Advances in Antibody Screening

Therapeutic antibodies have great potential for revolutionizing medicine, but finding the right antibody candidates that work well against a target and are amenable to large-scale manufacture can be a challenge. In this article, we explore recent developments in antibody screening that can quickly identify and prioritize antibodies for further development.

Challenges in antibody discovery

When screening for antibodies, researchers are looking for a range of attributes. Fundamentally, the antibody needs to bind to its intended target but, depending on its purpose, other characteristics are also necessary. For example, anti-viral antibodies need to not only bind but also neutralize their viral target, and often – as seen currently with the SARS-CoV-2 (COVID-19) pandemic, they need to be cross-reactive against many different viral variants. In the search for new therapeutic anti-cancer antibodies, it is essential to determine if the antibody has the desired agonistic or antagonist function when it binds to its receptor target.

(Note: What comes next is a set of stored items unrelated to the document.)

//! The reader of a capture of any length: its records and blocks, one by one, in memory of a fixed size. The submodule
//! holds its buffer.
ghost use Rattle.std.specs.Prelude.{
  ◌≡◌,
  ◌⊎◌,
  ℕ,
  ◌≤◌,
  ◌<◌,
  ◌++◌,
  List,
  [],
  Option,
  length,
  false,
  true,
  take,
  drop,
  IfOk,
  IfErr,
  OnOk,
  OnErr,
  IfSome,
  Some,
  option_map,
};
ghost use Rattle.pcap_file.specs.Entries.{Entry};
ghost use Rattle.pcap_file.specs.ReadBuffer.{octets_of, Reads};
ghost use Rattle.pcap_file.specs.Described.{DescribesNext, HasDescribed, interfaces_of};
ghost use Rattle.pcap_file.specs.InterfaceTexts.{TextsView, texts_as, texts_view};
ghost use Rattle.pcap_file.specs.Packet.{packet_view};
ghost use Rattle.pcap_file.specs.Reader.{
  EndsWith,
  HasEntries,
  HasOpened,
  HasReturned,
  IsCutBehind,
  IsFaultBehind,
  IsFilled,
  IsLong,
  IsNext,
  IsOpenFault,
  cut_fault_of,
  part_entries,
};
ghost use Rattle.pcap_file.specs.declared.fault.ReaderFault.TheVariants.{ReadFailed};

use crate::block_parser::{BlockParser, CaptureBlock};
use crate::decode::interface_texts::InterfaceTexts;
use crate::decode::pcap::FILE_HEADER;
use crate::fault::{CaptureFault, CaptureFaultKind, ReaderFault};
use crate::reader::buffer::ReadBuffer;
use std::alloc::Global;
use std::io::Read;

pub(crate) mod buffer;

/// The greatest number of octets before a record or a block, 2^63.
// A place then stays below 2^64 with the length of a record or a block added, as `BlockParser::next` requires.
const MAX_PLACE: usize = 9_223_372_036_854_775_808;

/// More reads than a record or a block can take, each of which brings an octet or the file's end.
const MAX_READS: u32 = 1_000_000;

/// Opens a capture by the header of its file. Returns an error if the allocation of 1 MiB or a read fails, and the
/// fault of the header if it has one.
pub fn open_reader<R: Read>(
    alloc: Global,
    reader: &mut R,
) -> Result<(ReadBuffer, BlockParser), ReaderFault>
    ensures returned { IfOk result (λ opened. IfSome (R.remaining reader.old) (λ file.
        HasReturned file [] (R.remaining reader.new) opened.1 (octets_of opened.0) opened.0.ended)) }
    ensures described { IfOk result (λ opened. IfSome (R.remaining reader.old) (λ file.
        HasDescribed file [] (R.remaining reader.new) opened.1 (octets_of opened.0) opened.0.ended)) }
    ensures fault { IfErr result (λ fault. IfSome (R.remaining reader.old) (λ file. IsOpenFault file fault)) }
{
    let mut window = ReadBuffer::new(alloc)?;
    fill_header(&mut window, reader)?;
    match BlockParser::open(window.front()) {
        Ok(parts) => {
            window.consume(parts.place());
            Ok((window, parts))
        }
        Err(fault) => Err(ReaderFault::Capture(fault)),
    }
}

/// Reads until the header of a file is there, or the file ends.
fn fill_header<R: Read>(window: &mut ReadBuffer, reader: &mut R) -> Result<(), ReaderFault>
    requires first { octets_of window.old ≡ [] }
    requires going { window.old.ended ≡ false }
    ensures ok { OnOk result (HasOpened (R.remaining reader.old) (R.remaining reader.new)
        (octets_of window.new) window.new.ended) }
    ensures unread { IfErr result (λ fault. fault ≡ ReadFailed) }
{
    // The header of pcap is the longest. The label names the loop in its proof.
    'reads: for _turn in 0..FILE_HEADER {
        if window.front().len() >= FILE_HEADER {
            return Ok(());
        }
        window.read_more(reader)?;
        if window.is_ended() {
            return Ok(());
        }
    }
    Ok(())
}

/// Reads until the next record or block is whole, or the file ends. Returns true if one comes. Returns `ReadFailed` if
/// a read fails, and `TooLong` if the record or block is longer than 983,040 octets or begins behind 2^63.
pub fn has_block<R: Read>(
    parts: &BlockParser,
    window: &mut ReadBuffer,
    reader: &mut R,
) -> Result<bool, ReaderFault>
    ensures returned { OnOk result ((file : List ℕ) (entries : List Entry)
        → HasReturned file entries (R.remaining reader.old) parts.now (octets_of window.old) window.old.ended
        → HasReturned file entries (R.remaining reader.new) parts.now (octets_of window.new) window.new.ended) }
    ensures described { OnOk result ((file : List ℕ) (texts : List TextsView)
        → HasDescribed file texts (R.remaining reader.old) parts.now (octets_of window.old) window.old.ended
        → HasDescribed file texts (R.remaining reader.new) parts.now (octets_of window.new) window.new.ended) }
    ensures next { IfOk result (λ some. some ≡ true → IsNext parts.now (octets_of window.new) window.new.ended) }
    ensures end { IfOk result (λ some. some ≡ false → (file : List ℕ) (entries : List Entry)
        → HasReturned file entries (R.remaining reader.old) parts.now (octets_of window.old) window.old.ended
        → HasEntries file entries) }
    ensures all { IfOk result (λ some. some ≡ false → (file : List ℕ) (texts : List TextsView)
        → HasDescribed file texts (R.remaining reader.old) parts.now (octets_of window.old) window.old.ended
        → interfaces_of file ≡ texts) }
    ensures none { IfOk result (λ some. some ≡ false → octets_of window.new ≡ []) }
    ensures fault { IfErr result (λ fault. IsLong fault) }
{
    fill(parts, window, reader)?;
    if window.front().is_empty() {
        return Ok(false);
    }
    if parts.place() > MAX_PLACE {
        return Err(ReaderFault::TooLong(parts.place()));
    }
    Ok(true)
}

/// Reads as `has_block` does, but returns false too if the file ends within the next record or block, which
/// `cut_fault` then returns.
pub fn has_whole_block<R: Read>(
    parts: &BlockParser,
    window: &mut ReadBuffer,
    reader: &mut R,
) -> Result<bool, ReaderFault>
    ensures returned { OnOk result ((file : List ℕ) (entries : List Entry)
        → HasReturned file entries (R.remaining reader.old) parts.now (octets_of window.old) window.old.ended
        → HasReturned file entries (R.remaining reader.new) parts.now (octets_of window.new) window.new.ended) }
    ensures next { IfOk result (λ some. some ≡ true → IsNext parts.now (octets_of window.new) window.new.ended) }
    ensures end { IfOk result (λ some. some ≡ false → (file : List ℕ) (entries : List Entry)
        → HasReturned file entries (R.remaining reader.old) parts.now (octets_of window.old) window.old.ended
        → HasEntries file entries ⊎ IsCutBehind file entries) }
    ensures cut { IfOk result (λ some. some ≡ false → (file : List ℕ) (entries : List Entry)
        → HasReturned file entries (R.remaining reader.old) parts.now (octets_of window.old) window.old.ended
        → EndsWith file entries (cut_fault_of parts.now (octets_of window.new))) }
    ensures fault { IfErr result (λ fault. IsLong fault) }
{
    if !has_block(parts, window, reader)? {
        return Ok(false);
    }
    if parts.is_cut(window.front()) {
        return Ok(false);
    }
    Ok(true)
}

/// Returns the fault of the record or block that the file's end cuts, after `has_whole_block` returned false; `None` if
/// the file ends with a whole one.
pub fn cut_fault(parts: &BlockParser, window: &ReadBuffer) -> Option<CaptureFault>
    ensures { result ≡ cut_fault_of parts.now (octets_of window.now) }
{
    match window.front() {
        [] => None,
        _ => Some(CaptureFault {
            place: parts.place(),
            kind: CaptureFaultKind::Truncated,
        }),
    }
}

/// Returns the name and the description of an interface, if the block of `len` octets that `next_block` returned
/// describes one.
#[tactic(auto, using(crate::proofs::DescribedLemmas::block_front))]
pub fn interface_texts<'a>(
    parts: &BlockParser,
    window: &'a ReadBuffer,
    len: usize,
) -> Option<InterfaceTexts<'a>>
    ensures texts { IfSome result (λ texts. Some (texts_view texts)
        ≡ texts_as parts.now.format parts.now.section.order (take len (take 983040 (octets_of window.now)))) }
    ensures block { len ≤ length (take 983040 (octets_of window.now)) → option_map texts_view result
        ≡ texts_as parts.now.format parts.now.section.order (take len (octets_of window.now)) }
{
    parts.interface_texts(window.front().get(..len)?)
}

/// Reads until the next record or block is whole, or the file ends.
fn fill<R: Read>(
    parts: &BlockParser,
    window: &mut ReadBuffer,
    reader: &mut R,
) -> Result<(), ReaderFault>
    ensures returned { OnOk result ((file : List ℕ) (entries : List Entry)
        → HasReturned file entries (R.remaining reader.old) parts.now (octets_of window.old) window.old.ended
        → HasReturned file entries (R.remaining reader.new) parts.now (octets_of window.new) window.new.ended) }
    ensures described { OnOk result ((file : List ℕ) (texts : List TextsView)
        → HasDescribed file texts (R.remaining reader.old) parts.now (octets_of window.old) window.old.ended
        → HasDescribed file texts (R.remaining reader.new) parts.now (octets_of window.new) window.new.ended) }
    ensures filled { OnOk result (IsFilled parts.now (octets_of window.new) window.new.ended) }
    ensures fault { IfErr result (λ fault. IsLong fault) }
{
    // The label names the loop in its proof.
    'reads: for _turn in 0..MAX_READS {
        if !parts.is_cut(window.front()) {
            return Ok(());
        }
        if window.is_full() {
            return Err(ReaderFault::TooLong(parts.place()));
        }
        // What the file's end cuts is left to `next_block`, which returns the fault.
        if window.is_ended() {
            return Ok(());
        }
        window.read_more(reader)?;
    }
    Err(ReaderFault::ReadFailed)
}

/// Returns the next record or block, after `has_block` returned true. The caller then passes over it with
/// `ReadBuffer::consume`. Returns the capture's first fault, after which nothing more is read.
pub fn next_block<'a>(
    parts: &mut BlockParser,
    window: &'a ReadBuffer,
) -> Result<CaptureBlock<'a>, CaptureFault>
    requires { IsNext parts.old (octets_of window.now) window.now.ended }
    ensures len { IfOk result (λ part. part.len ≤ length (octets_of window.now)) }
    ensures front { IfOk result (λ part. part.len ≤ length (take 983040 (octets_of window.now))) }
    ensures returned { IfOk result (λ part. (file : List ℕ) (entries : List Entry) (left : Option (List ℕ))
        → HasReturned file entries left parts.old (octets_of window.now) window.now.ended
        → HasReturned file (entries ++ part_entries part) left parts.new
        (drop part.len (octets_of window.now)) window.now.ended) }
    ensures described { IfOk result (λ part. (file : List ℕ) (texts : List TextsView) (left : Option (List ℕ))
        → HasDescribed file texts left parts.old (octets_of window.now) window.now.ended
        → DescribesNext file texts left parts.new (octets_of window.now) window.now.ended part.len
        (option_map packet_view part.packet)) }
    ensures fault { IfErr result (λ fault. (file : List ℕ) (entries : List Entry) (left : Option (List ℕ))
        → HasReturned file entries left parts.old (octets_of window.now) window.now.ended
        → IsFaultBehind file entries fault) }
    ensures all { OnErr result ((file : List ℕ) (texts : List TextsView) (left : Option (List ℕ))
        → HasDescribed file texts left parts.old (octets_of window.now) window.now.ended
        → interfaces_of file ≡ texts) }
{
    parts.next(window.front())
}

“Lack of non-specific binding is also important,” explains Brandon DeKosky, assistant professor of pharmaceutical chemistry and chemical engineering at the University of Kansas, who recently developed a new method to screen millions of naturally occurring human antibodies. “You don’t want an antibody that binds non-specifically to human cells or tissue. It can be a big drug development issue for antibodies with a lot of positive charges or hydrophobic regions that lead to undesired interactions.”

Carrying out the additional functional studies on antibodies to show that they do more than just bind to their target can take substantial time and resources. It is unsurprising then that new ways of identifying or screening for therapeutic antibodies are focusing on predicting – or even shaping – the properties of antibodies as early as possible in the discovery pipeline.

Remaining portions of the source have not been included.